Task requirements: What lines in the listing below hold the string "record"? Please copy them out.

Source information:
■ ■ ■ ■ ■ ■ ■
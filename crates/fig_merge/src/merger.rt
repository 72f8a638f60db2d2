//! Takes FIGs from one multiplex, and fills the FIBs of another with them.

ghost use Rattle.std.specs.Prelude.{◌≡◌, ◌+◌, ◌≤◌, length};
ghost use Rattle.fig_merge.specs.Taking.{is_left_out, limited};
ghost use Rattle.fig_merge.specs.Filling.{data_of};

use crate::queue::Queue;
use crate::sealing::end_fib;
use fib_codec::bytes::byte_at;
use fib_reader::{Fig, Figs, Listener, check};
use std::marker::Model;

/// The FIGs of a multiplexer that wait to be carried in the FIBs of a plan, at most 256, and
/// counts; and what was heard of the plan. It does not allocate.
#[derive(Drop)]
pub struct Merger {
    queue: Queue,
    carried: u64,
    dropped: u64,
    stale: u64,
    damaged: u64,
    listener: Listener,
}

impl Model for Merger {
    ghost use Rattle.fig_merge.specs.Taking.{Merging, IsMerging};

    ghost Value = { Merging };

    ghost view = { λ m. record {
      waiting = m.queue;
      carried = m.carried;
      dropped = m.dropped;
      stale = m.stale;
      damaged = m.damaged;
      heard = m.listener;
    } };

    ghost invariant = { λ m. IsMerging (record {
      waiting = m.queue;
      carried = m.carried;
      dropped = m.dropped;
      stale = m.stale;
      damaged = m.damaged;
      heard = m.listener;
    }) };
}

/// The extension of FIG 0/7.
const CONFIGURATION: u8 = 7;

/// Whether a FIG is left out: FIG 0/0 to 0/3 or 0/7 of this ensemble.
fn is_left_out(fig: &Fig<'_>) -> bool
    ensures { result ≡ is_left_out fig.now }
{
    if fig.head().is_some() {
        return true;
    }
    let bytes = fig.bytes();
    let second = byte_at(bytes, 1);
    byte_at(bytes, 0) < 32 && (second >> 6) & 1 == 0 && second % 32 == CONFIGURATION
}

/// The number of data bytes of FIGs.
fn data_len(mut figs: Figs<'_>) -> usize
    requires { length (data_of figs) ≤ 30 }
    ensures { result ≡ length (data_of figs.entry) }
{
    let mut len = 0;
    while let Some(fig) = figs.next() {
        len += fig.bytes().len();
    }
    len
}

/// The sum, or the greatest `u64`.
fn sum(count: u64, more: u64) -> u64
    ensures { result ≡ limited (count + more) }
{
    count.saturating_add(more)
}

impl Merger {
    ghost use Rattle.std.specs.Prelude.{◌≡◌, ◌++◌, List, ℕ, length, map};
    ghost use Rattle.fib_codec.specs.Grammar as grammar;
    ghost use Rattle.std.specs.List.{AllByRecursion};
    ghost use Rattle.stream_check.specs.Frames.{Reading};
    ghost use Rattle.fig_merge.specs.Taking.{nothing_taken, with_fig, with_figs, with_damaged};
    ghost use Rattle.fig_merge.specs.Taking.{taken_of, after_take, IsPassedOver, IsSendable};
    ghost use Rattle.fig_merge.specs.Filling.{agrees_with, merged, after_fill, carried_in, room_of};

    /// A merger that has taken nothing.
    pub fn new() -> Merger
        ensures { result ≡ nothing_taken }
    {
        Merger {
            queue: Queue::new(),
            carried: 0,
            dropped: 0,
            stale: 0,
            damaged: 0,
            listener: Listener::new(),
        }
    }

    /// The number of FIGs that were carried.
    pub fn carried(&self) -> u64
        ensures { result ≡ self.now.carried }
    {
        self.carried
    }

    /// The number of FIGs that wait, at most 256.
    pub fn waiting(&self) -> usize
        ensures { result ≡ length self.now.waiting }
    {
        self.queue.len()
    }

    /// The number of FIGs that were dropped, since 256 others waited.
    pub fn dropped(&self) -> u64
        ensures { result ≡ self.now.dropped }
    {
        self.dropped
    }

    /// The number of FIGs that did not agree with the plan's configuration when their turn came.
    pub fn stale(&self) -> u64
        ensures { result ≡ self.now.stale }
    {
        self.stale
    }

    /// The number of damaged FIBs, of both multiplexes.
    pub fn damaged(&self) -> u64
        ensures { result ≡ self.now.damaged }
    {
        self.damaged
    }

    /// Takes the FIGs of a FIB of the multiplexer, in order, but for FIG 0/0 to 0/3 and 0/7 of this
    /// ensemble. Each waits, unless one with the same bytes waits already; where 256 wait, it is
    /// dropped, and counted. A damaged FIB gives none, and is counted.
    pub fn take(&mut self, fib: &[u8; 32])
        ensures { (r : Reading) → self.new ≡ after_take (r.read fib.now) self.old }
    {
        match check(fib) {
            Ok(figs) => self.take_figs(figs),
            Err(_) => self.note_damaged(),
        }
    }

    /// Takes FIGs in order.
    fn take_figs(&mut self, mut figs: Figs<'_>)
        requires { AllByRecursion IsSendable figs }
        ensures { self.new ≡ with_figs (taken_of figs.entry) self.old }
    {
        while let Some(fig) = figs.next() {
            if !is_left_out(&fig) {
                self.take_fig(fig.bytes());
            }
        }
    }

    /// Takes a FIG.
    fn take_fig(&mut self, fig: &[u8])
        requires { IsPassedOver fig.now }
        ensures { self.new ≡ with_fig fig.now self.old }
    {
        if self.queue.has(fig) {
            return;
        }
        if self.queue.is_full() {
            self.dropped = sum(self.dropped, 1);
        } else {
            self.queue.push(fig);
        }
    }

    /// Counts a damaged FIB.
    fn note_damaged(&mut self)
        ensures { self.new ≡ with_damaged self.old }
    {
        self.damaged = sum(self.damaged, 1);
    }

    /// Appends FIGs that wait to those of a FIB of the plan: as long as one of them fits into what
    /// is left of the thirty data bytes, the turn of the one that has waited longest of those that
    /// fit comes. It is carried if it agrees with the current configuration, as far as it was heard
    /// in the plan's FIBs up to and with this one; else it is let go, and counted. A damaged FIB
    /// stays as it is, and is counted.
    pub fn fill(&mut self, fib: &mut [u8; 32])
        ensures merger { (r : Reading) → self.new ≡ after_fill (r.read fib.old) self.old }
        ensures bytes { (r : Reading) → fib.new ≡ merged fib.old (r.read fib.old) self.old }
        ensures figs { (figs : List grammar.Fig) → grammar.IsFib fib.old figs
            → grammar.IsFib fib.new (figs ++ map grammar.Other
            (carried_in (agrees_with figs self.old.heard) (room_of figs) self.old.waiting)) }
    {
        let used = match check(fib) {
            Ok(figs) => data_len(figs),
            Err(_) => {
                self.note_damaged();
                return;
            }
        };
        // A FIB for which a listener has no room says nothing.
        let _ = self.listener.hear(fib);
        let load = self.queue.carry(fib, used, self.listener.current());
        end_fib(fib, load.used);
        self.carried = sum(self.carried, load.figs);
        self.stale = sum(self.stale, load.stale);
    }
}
■ ■ ■ ■ ■ ■ ■
Exercise response:
    ghost view = { λ m. record {
    ghost invariant = { λ m. IsMerging (record {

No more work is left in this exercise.